START Material for the task

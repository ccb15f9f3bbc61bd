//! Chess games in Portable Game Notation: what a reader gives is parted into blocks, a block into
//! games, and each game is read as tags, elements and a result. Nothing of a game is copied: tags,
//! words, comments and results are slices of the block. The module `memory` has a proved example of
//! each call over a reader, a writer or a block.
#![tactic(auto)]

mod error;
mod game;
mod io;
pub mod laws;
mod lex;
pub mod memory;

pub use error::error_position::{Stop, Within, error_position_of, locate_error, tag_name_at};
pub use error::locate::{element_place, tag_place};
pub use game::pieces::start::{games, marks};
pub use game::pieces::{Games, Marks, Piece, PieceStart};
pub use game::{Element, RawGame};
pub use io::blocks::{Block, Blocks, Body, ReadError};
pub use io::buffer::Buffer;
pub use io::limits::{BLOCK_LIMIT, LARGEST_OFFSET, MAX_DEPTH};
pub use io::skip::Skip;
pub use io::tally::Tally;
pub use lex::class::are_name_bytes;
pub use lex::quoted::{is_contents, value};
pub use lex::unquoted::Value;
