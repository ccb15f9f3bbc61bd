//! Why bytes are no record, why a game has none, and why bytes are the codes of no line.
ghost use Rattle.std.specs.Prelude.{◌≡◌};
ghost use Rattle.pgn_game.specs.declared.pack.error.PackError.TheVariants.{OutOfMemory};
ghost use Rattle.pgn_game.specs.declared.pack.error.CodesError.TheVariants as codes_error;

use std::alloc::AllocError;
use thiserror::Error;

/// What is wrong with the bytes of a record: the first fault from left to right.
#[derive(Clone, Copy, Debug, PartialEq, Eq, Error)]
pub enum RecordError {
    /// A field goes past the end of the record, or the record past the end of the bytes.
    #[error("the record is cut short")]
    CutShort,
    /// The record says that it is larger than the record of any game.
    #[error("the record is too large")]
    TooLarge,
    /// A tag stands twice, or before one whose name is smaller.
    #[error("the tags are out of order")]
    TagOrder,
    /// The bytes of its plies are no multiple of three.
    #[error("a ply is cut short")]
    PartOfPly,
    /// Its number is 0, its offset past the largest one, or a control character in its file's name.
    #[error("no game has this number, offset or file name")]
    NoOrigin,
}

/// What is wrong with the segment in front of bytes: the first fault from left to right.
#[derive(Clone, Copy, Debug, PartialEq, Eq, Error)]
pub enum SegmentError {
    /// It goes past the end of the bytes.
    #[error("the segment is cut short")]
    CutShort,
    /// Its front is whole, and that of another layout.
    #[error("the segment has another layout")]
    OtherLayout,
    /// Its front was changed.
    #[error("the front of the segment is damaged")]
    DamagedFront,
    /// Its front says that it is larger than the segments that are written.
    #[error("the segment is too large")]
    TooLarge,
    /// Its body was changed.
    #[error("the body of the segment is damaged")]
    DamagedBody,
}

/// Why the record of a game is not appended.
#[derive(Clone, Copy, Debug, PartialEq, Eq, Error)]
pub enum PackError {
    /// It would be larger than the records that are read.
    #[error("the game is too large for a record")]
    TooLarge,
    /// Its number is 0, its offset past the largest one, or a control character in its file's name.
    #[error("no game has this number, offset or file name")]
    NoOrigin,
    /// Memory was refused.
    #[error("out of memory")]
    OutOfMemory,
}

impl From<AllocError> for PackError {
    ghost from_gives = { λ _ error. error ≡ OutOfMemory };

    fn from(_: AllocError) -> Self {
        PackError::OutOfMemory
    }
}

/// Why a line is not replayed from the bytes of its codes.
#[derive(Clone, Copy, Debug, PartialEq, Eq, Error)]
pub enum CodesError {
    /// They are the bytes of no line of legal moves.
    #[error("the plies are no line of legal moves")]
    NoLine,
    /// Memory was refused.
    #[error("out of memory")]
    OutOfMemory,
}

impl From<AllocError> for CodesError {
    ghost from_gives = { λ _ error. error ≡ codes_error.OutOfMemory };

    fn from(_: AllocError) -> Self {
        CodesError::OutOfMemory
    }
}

END Material for the task

To do:
Begin with the first line of the listing above and write out each line exactly, ending with the line that contains "pub mod memory;".

Solution to the problem:
repository ccb15f9f3bbc61bd
//! Chess games in Portable Game Notation: what a reader gives is parted into blocks, a block into
//! games, and each game is read as tags, elements and a result. Nothing of a game is copied: tags,
//! words, comments and results are slices of the block. The module `memory` has a proved example of
//! each call over a reader, a writer or a block.
#![tactic(auto)]

mod error;
mod game;
mod io;
pub mod laws;
mod lex;
pub mod memory;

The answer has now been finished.